What this task involves
Pull out every line with the word "return" from the entries below.
── Provided data
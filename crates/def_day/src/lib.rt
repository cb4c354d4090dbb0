// What the day list's adds and rounds do stands in specs/. Here is how code keeps a round's holders.
#![tactic(auto)]

ghost use Rattle.std.specs.Prelude.{◌≡◌, ◌-◌, ◌<◌, ◌≤◌, List, [], ◌∷◌, ◌++◌, length, take, drop};
ghost use Rattle.std.proofs.Common.{arith, length-take-le};
ghost use Rattle.def_numbers.specs.Numbers.{most_workers};
ghost use Rattle.def_day.specs.Places.{blanks, places, places_are};
ghost use Rattle.def_day.specs.declared.Holder.{Holder};

use def_numbers::MOST_WORKERS;
use std::marker::Model;

// As many holders as workers.
pub const MOST_HOLDERS: usize = MOST_WORKERS as usize;

// A worker, with the name of the job that it was handed.
#[derive(Clone, Copy)]
pub struct Holder {
    pub worker: u32,
    pub name: u32,
}

// The holders of a round, in the order of their gets.
#[derive(Clone, Copy)]
pub struct Holders {
    holders: [Holder; MOST_HOLDERS],
    count: usize,
}

// Clauses see the list of them. The places past the last are blank, so the list says what stands in every place.
impl Model for Holders {
    ghost Value = { List Holder };

    ghost view = { λ h. take h.count h.holders };

    ghost invariant = { λ h. (h.count ≤ most_workers) × (length h.holders ≡ most_workers)
        × (drop h.count h.holders ≡ blanks (most_workers - h.count)) };

    ghost inverse = { λ hs. record { holders = places hs; count = length hs } };

    ghost inverse_ok = { λ h k i. record {
      holders = places_are h.count h.holders k.0 k.1 k.2 i;
      count = length-take-le h.count h.holders (omega (arith, k.0, k.1)) i;
    } };
}

impl Holders {
    pub fn new() -> Self
        ensures { result ≡ [] }
    {
        Holders {
            holders: [Holder { worker: 0, name: 0 }; MOST_HOLDERS],
            count: 0,
        }
    }

    pub fn push(&mut self, holder: Holder)
        requires { length self.old < most_workers }
        ensures { self.new ≡ self.old ++ holder ∷ [] }
    {
        self.holders[self.count] = holder;
        self.count += 1;
    }

    pub fn as_slice(&self) -> &[Holder]
        ensures { (result.now ≡ self.now) × (length result.now ≤ most_workers) }
    {
        &self.holders[..self.count]
    }
}
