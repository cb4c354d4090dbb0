// An add run whole as C has it: posted, and stepped to the end, in one call. A slice is a pointer and a count of
// elements in C; the answer is a struct by value. include/taskgraph.h declares it. Follows docs/RULES.md, "Whole
// calls". Assumes that a pointer with a count points to that many elements.
#![tactic(auto)]

ghost use Rattle.def_words.specs.Layout.{as_lent, as_left};
ghost use Rattle.def_whole_calls.specs.Whole.{whole_add};
ghost use Rattle.lent_graph.specs.Lent.{words, Same};
ghost use Rattle.taskgraph_answer.specs.WholeAnswers.{GivesWhole};
ghost use Rattle.def_sheet_rows.specs.Arguments.{arguments_of};

use def_sheets::Entry;
use def_terms::Sizes;
use lent_graph::Graph;
use taskgraph_answer::{GraphAnswer, whole_answered};
use whole_add::add_whole;
use worker_phase::{phase_in, stopped_as};

// An add run whole, as C has it. The phase of the worker, read before and after, tells an add that damage stopped half
// done.
fn add(graph: &mut Graph, worker: u32, entry: Entry) -> GraphAnswer
    ensures same { Same graph.old graph.new }
    ensures told { GivesWhole result (words graph.new) (words graph.old) worker
        (whole_add graph.old.sizes (words graph.old) worker (arguments_of entry)) }
{
    let before = phase_in(graph, worker);
    let made = add_whole(graph, worker, entry);
    let answer = GraphAnswer::from(made);
    let after = phase_in(graph, worker);
    whole_answered(answer, stopped_as(answer.number, before, after))
}

// Adds the entry's job.
#[unsafe(no_mangle)]
pub extern "C" fn tg_add(
    sizes: Sizes,
    jobs: &mut [u32],
    arcs: &mut [u32],
    buckets: &mut [u32],
    queue: &mut [u32],
    workers: &mut [u32],
    worker: u32,
    entry: Entry,
) -> GraphAnswer
    ensures { GivesWhole result (as_left jobs arcs buckets queue workers)
        (as_lent jobs arcs buckets queue workers) worker
        (whole_add sizes (as_lent jobs arcs buckets queue workers) worker (arguments_of entry)) }
{
    let mut graph = Graph {
        sizes,
        jobs,
        arcs,
        buckets,
        queue,
        workers,
    };
    add(&mut graph, worker, entry)
}
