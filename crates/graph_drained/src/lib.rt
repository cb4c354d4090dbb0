// Whether the graph is drained: it reads the tables, and stores nothing.
// Follows docs/RULES.md, "Tables and their measures" and "Turned-away calls".
#![tactic(auto)]

ghost use Rattle.std.specs.Prelude.{◌≡◌, true};
ghost use Rattle.def_words.specs.Columns.{columns};
ghost use Rattle.def_words.specs.Layout.{worker_shape, view, sizes_fit, tables};
ghost use Rattle.def_words.specs.Words.{own_ok};
ghost use Rattle.def_worker_state.specs.Drained.{every, free, refused, judged, drained_words};

use def_numbers::*;
use def_terms::Sizes;
use def_worker_state::Drained;
use graph_own::{counters_ok, own_ok};
use graph_sizes::sizes_fit;
use graph_words::layout::*;
use graph_words::{header, worker_word};

// Every worker's own words are sound. No worker is passed over, so that there is one way through.
fn all_sound(
    sizes: Sizes,
    jobs: &[u32],
    arcs: &[u32],
    buckets: &[u32],
    queue: &[u32],
    workers: &[u32],
) -> bool
    requires { sizes_fit sizes (tables jobs.now arcs.now buckets.now queue.now workers.now) ≡ true }
    ensures { result ≡ every (own_ok sizes (view (tables jobs.now arcs.now buckets.now queue.now workers.now))) sizes.workers }
{
    let mut sound = true;
    for worker in 0..sizes.workers {
        sound &= own_ok(sizes, jobs, arcs, workers, worker);
    }
    sound
}

// Each of the first `count` workers is idle and holds nothing.
fn all_free(workers: &[u32], count: u32) -> bool
    ensures { result ≡ every (free (columns worker_shape workers.now)) count }
{
    let mut all = true;
    for worker in 0..count {
        all &= (worker_word(workers, worker, PHASE) == IDLE)
            & (worker_word(workers, worker, HELD) == NONE);
    }
    all
}

fn refused(number: u32) -> Drained
    ensures { result ≡ refused number }
{
    Drained {
        number,
        ..Drained::default()
    }
}

fn judged(done: bool) -> Drained
    ensures { result ≡ judged done }
{
    Drained {
        drained: u32::from(done),
        ..Drained::default()
    }
}

// Whether the queue is empty and every worker is idle and holds nothing.
pub fn drained(
    sizes: Sizes,
    jobs: &[u32],
    arcs: &[u32],
    buckets: &[u32],
    queue: &[u32],
    workers: &[u32],
) -> Drained
    ensures { result ≡ drained_words sizes (tables jobs.now arcs.now buckets.now queue.now workers.now) }
{
    if !sizes_fit(sizes, jobs, arcs, buckets, queue, workers) {
        return refused(WRONG_SIZE);
    }
    let taken = header(queue, TAKEN);
    let put = header(queue, PUT);
    let sound = all_sound(sizes, jobs, arcs, buckets, queue, workers)
        & (counters_ok(sizes, jobs, arcs) & ((taken <= put) & (put <= sizes.jobs)));
    if !sound {
        return refused(DAMAGED);
    }
    judged((taken == put) & all_free(workers, sizes.workers))
}
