// 64-bit FNV-1a, and the 32 bytes that a hash is spread over.
#![tactic(auto)]

ghost use Rattle.std.specs.Prelude.{◌≡◌, ◌*◌, ◌%◌, ◌^◌, ◌<◌};
ghost use Rattle.fnv.specs.Fnv.{basis, fnv_from, rotated, spread};

// The FNV prime of 64 bits.
const PRIME: u64 = 0x100_0000_01b3;

// The hash of no bytes: the offset basis.
pub fn start() -> u64
    ensures { result ≡ basis }
{
    0xcbf2_9ce4_8422_2325
}

// a · b modulo 2^64, by wrapping adds: of a shifted to each bit that is set in b, from the lowest on. The FNV prime
// has seven of them.
fn wrapping_mul(a: u64, b: u64) -> u64
    ensures { result ≡ a * b % 2 ^ 64 }
{
    let mut sum: u64 = 0;
    let mut shifted = a;
    let mut rest = b;
    while rest != 0 {
        let zeros = u64::trailing_zeros(rest);
        shifted <<= zeros;
        sum = std::num::wrapping_add_u64(sum, shifted);
        rest = (rest >> zeros) - 1;
    }
    sum
}

// x rotated left by n modulo 64.
fn rotate_left(x: u64, n: u32) -> u64
    ensures { result ≡ rotated x (n % 64) }
{
    let up = n % 64;
    if up == 0 {
        return x;
    }
    (x << up) + (x >> (64 - up))
}

// The hash after some more bytes.
pub fn feed(hash: u64, bytes: &[u8]) -> u64
    ensures { result ≡ fnv_from hash bytes.now }
{
    let mut h = hash;
    for b in bytes {
        h = wrapping_mul(u64::from(*b) ^ h, PRIME);
    }
    h
}

// Byte i of the 32: the low byte of the hash rotated by 7·i.
fn spread_byte(hash: u64, i: usize) -> u8
    requires { i < 32 }
    ensures { result ≡ rotated hash (7 * i % 64) % 256 }
{
    (rotate_left(hash, 7 * i as u32) % 256) as u8
}

// The 32 bytes of a hash.
pub fn digest(hash: u64) -> [u8; 32]
    ensures { result ≡ spread hash }
{
    let mut bytes = [0; 32];
    for (i, byte) in bytes.iter_mut().enumerate() {
        *byte = spread_byte(hash, i);
    }
    bytes
}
────
Exercise answer
        return refused(WRONG_SIZE);
        return refused(DAMAGED);
        return x;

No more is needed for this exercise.